◆ Aim of the task
Pull every line of the entries that has the word "FindsRace".

Stored data entries

=====

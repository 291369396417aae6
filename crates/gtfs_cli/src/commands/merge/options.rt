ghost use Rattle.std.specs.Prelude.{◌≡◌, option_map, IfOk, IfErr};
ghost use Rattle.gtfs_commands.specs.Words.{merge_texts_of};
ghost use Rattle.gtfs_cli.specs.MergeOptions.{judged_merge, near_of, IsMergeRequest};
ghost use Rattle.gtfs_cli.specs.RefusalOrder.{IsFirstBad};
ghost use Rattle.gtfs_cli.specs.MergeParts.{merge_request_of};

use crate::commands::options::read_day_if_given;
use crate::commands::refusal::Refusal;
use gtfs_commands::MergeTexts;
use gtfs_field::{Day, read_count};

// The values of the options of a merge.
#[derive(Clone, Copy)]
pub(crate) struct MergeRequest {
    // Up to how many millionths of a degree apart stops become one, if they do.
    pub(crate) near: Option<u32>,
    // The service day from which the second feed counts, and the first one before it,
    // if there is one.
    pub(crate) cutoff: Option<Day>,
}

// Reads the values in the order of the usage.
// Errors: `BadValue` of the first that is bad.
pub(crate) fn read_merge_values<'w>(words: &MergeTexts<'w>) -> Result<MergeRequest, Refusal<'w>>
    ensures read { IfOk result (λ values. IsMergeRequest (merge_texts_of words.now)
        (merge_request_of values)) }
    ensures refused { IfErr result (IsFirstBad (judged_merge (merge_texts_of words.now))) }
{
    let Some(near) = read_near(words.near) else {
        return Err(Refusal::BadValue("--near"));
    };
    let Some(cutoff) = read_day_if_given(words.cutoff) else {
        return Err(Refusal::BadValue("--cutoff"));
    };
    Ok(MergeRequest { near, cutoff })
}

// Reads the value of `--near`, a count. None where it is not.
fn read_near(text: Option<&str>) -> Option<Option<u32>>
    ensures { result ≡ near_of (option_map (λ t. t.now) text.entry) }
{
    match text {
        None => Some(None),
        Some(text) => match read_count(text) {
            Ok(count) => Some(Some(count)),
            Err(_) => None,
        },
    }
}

=====

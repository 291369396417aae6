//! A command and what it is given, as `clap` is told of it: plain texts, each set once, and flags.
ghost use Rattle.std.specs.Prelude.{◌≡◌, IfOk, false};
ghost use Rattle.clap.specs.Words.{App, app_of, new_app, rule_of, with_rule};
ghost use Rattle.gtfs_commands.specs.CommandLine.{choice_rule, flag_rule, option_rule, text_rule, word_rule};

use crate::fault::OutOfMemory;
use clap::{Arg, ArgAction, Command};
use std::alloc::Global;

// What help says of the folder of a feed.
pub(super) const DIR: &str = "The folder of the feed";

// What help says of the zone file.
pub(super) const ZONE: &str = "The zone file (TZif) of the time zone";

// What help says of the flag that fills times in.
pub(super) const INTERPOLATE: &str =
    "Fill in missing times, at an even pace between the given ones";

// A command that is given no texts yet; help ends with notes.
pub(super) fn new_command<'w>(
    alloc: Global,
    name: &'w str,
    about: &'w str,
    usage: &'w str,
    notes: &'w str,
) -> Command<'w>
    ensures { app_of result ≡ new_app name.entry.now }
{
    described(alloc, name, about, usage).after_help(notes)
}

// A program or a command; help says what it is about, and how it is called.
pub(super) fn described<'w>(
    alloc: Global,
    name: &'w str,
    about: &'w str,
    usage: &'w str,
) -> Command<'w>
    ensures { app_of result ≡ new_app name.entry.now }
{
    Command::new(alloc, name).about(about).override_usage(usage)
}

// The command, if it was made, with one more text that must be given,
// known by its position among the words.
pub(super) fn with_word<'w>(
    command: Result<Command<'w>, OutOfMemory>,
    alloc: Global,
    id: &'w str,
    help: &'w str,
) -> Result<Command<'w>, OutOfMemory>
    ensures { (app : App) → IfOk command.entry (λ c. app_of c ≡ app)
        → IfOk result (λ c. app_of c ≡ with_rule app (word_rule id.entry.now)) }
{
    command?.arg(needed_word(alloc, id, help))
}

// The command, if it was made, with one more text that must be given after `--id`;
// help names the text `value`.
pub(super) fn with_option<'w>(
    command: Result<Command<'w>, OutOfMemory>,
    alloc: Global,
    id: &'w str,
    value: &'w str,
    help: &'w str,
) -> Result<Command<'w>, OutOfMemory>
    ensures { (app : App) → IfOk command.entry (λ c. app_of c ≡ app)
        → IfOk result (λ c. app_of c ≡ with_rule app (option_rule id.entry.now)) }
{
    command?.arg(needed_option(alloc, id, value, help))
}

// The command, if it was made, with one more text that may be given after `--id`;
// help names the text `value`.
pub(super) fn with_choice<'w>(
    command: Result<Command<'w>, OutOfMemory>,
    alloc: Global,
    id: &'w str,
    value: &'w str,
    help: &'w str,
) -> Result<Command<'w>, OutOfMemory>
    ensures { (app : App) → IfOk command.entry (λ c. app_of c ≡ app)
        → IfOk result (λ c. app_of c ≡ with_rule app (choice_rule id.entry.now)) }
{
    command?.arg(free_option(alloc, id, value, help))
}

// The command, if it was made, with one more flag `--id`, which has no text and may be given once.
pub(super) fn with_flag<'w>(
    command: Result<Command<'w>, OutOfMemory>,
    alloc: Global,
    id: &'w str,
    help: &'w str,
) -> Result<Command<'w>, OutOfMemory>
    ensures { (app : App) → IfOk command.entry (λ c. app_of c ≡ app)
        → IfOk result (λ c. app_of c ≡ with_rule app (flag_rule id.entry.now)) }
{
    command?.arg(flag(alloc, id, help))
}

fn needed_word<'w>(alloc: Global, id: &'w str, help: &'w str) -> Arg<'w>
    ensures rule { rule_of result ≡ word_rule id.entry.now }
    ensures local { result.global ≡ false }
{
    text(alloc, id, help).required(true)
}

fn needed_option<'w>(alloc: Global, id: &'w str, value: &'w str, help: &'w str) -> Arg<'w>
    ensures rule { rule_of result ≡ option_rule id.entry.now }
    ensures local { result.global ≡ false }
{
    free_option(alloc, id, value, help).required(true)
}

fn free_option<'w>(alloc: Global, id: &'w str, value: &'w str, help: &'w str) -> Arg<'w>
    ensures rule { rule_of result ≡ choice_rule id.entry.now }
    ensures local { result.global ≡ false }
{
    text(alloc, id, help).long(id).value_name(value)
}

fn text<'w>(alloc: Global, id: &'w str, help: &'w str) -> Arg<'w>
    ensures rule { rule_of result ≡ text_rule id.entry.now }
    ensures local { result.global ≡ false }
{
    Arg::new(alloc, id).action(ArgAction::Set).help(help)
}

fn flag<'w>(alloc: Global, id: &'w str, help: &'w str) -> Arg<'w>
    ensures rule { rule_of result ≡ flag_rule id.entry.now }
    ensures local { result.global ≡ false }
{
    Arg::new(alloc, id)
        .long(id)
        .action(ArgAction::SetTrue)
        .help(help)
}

=====

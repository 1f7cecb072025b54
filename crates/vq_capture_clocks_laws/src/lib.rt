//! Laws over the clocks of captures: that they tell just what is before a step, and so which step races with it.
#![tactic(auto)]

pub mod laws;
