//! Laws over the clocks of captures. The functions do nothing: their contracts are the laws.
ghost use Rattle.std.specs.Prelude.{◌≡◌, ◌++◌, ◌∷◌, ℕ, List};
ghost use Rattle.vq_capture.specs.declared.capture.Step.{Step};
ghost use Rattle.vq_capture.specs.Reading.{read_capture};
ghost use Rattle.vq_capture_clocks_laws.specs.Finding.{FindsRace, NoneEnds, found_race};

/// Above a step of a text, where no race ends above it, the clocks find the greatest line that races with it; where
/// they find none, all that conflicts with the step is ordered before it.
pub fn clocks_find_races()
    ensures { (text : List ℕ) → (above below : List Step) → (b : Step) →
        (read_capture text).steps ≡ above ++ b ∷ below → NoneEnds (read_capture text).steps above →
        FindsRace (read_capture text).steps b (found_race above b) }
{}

=====

◆ Exercise result
ghost use Rattle.vq_capture_clocks_laws.specs.Finding.{FindsRace, NoneEnds, found_race};
        FindsRace (read_capture text).steps b (found_race above b) }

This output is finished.